Hendra menambahkan, hingga kini penyidik belum dapat meminta keterangan secara langsung dari korban karena kondisi fisik dan kemampuan komunikasinya masih terbatas. Hal itu membuat proses pemeriksaan belum bisa dilakukan secara maksimal.
"Korban belum dilakukan BAP (Berita Acara Pemeriksaan) karena belum bisa berkomunikasi dengan jelas," katanya.
Kasus ini terungkap setelah keluarga korban menerima pesan melalui aplikasi WhatsApp dari seseorang yang tidak dikenal. Dalam pesan tersebut, keluarga diberi tahu bahwa korban berada di Instalasi Gawat Darurat Rumah Sakit Hasan Sadikin (RSHS) Bandung.
"Setelah itu, keluarga korban mendatangi RSHS dan diketahui bahwa korban dalam keadaan luka berat di bagian kepala, wajah, kaki, dan luka ringan di bagian tangan," ujarnya.
Menurut keterangan kepolisian, sebelum ditemukan di rumah sakit, korban sempat tidak diketahui keberadaannya oleh keluarga selama kurang lebih tiga tahun. Selama rentang waktu tersebut, korban diduga berada dalam penguasaan pelaku dan mengalami kekerasan berulang.

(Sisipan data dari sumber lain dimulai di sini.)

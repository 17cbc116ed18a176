//! Pins.

ghost use Rattle.std.specs.Prelude.{Bool, IfErr, IfOk, Some, false, if◌then◌else◌, true, ℕ, ◌/◌, ◌≡◌, ◌≤◌};
ghost use Rattle.nm_model.specs.definitions.Effect.{is_unknown, pin, pin_refusal, pins_refusal, shows_pinned, unpin, unpin_refusal};
ghost use Rattle.nm_types.specs.declared.errno.Errno.{Errno};
ghost use Rattle.nm_types.specs.declared.errno.Errno.TheVariants.{Esrch};
ghost use Rattle.nm_types.specs.Map.{get, page_cmp};
ghost use Rattle.nm_engine.specs.definitions.Does.{Alters};
ghost use Rattle.nm_model.specs.definitions.Seen.{page_seen, sight_at};
ghost use Rattle.nm_types.specs.declared.sight.Sight.TheVariants.{Sees};

use crate::machine::Machine;
use nm_types::{Errno, FrameId, Page, PageView, Pid, Seen, Vpn};
use std::alloc::Allocator;

impl<A: Allocator + Copy + Send + Sync> Machine<A> {
    /// Adds a pin to the page that a process sees at an address: it does not move while it has one.
    ///
    /// Errors, in order: ESRCH if there is no such process; EFAULT if there is no area, or only the page of zeros;
    /// ENOENT if nothing was touched there; EBUSY if the page has 65,535 pins. Does not allocate.
    pub fn pin(&mut self, pid: Pid, addr: u64) -> Result<(), Errno>
        ensures { Alters result self.old self.new (pin_refusal self.old pid addr)
            (pin self.old pid addr) }
    {
        let (page, frame) = self.page_seen(pid, addr)?;
        self.last_pin = Some((pid, Vpn::of_address(addr)));
        self.spaces.pin(page, frame)
    }

    /// Removes a pin from the page that a process sees at an address, whoever added it.
    ///
    /// Errors, in order: ESRCH, EFAULT and ENOENT as for `pin`; EINVAL if the page has no pin. Does not allocate.
    pub fn unpin(&mut self, pid: Pid, addr: u64) -> Result<(), Errno>
        ensures { Alters result self.old self.new (unpin_refusal self.old pid addr)
            (unpin self.old pid addr) }
    {
        let (page, frame) = self.page_seen(pid, addr)?;
        self.spaces.unpin(page, frame)
    }

    /// The page with a frame that a process sees at an address, and its frame; or the refusal that `pin` and `unpin`
    /// have in common.
    fn page_seen(&self, pid: Pid, addr: u64) -> Result<(Page, FrameId), Errno>
        // On success
        ensures known { IfOk result (λ r. is_unknown self.now pid ≡ false) }
        ensures seen { IfOk result
            (λ r. sight_at self.now pid (addr / 4096) ≡ Some (Sees r.0)) }
        ensures placed { IfOk result (λ r. get page_cmp self.now.place r.0 ≡ Some r.1) }

        // On refusal
        ensures err { IfErr result
            (λ e. (is_bad : ℕ → Bool) (bad : Errno) →
            (if is_unknown self.now pid then Some Esrch else pins_refusal self.now is_bad bad
            (page_seen self.now pid (addr / 4096)))
            ≡ Some e) }
    {
        if self.spaces.info(pid).is_none() {
            return Err(Errno::Esrch);
        }
        match self.spaces.seen(pid, Vpn::of_address(addr)) {
            Seen::NoArea | Seen::Zero => Err(Errno::Efault),
            Seen::Absent => Err(Errno::Enoent),
            Seen::At { page, frame, .. } => Ok((page, frame)),
        }
    }

    /// Whether an area of a process shows a page with a pin from one page number up to another. Looks first where a page
    /// was pinned last: what is refused again and again for that pin walks over nothing.
    pub(crate) fn shows_pinned(&self, pid: Pid, first: Vpn, end: Vpn) -> bool
        requires { first ≤ end }
        ensures { result ≡ shows_pinned self.now.areas self.now.pins pid first end }
    {
        self.last_pin_is_in(pid, first, end) || self.spaces.has_pinned(pid, first, end)
    }

    /// Whether the page that was pinned last still has a pin, and is shown there in this range of the process.
    fn last_pin_is_in(&self, pid: Pid, first: Vpn, end: Vpn) -> bool
        ensures { result ≡ true →
            shows_pinned self.now.areas self.now.pins pid first end ≡ true }
    {
        match self.last_pin {
            Some((owner, vpn)) => {
                owner == pid
                    && vpn.number() >= first.number()
                    && vpn.number() < end.number()
                    && self.spaces.has_pin_at(pid, vpn)
            }
            None => false,
        }
    }
}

"Sebelumnya korban menghilang, tidak ada kabar dan tidak diketahui keberadaannya selama kurang lebih tiga tahun," ucap Hendra.
Dugaan sementara, korban mengalami penganiayaan berulang dengan berbagai cara, mulai dari menggunakan tangan kosong, benda tumpul, hingga senjata tajam. Selain itu, sejumlah barang berharga milik korban juga dilaporkan hilang.
"Diduga selama rentang waktu tersebut korban mendapatkan perlakuan penganiayaan dari terlapor dengan menggunakan tangan, benda tumpul, senjata tajam serta barang berharga milik korban hilang," kata Hendra.
Kasus ini kini masih dalam penanganan intensif Polda Jawa Barat. Kepolisian berupaya mengungkap seluruh rangkaian peristiwa, termasuk memburu pelaku dan memastikan kondisi korban mendapatkan penanganan medis serta pendampingan yang dibutuhkan.***
Belum ada komentar.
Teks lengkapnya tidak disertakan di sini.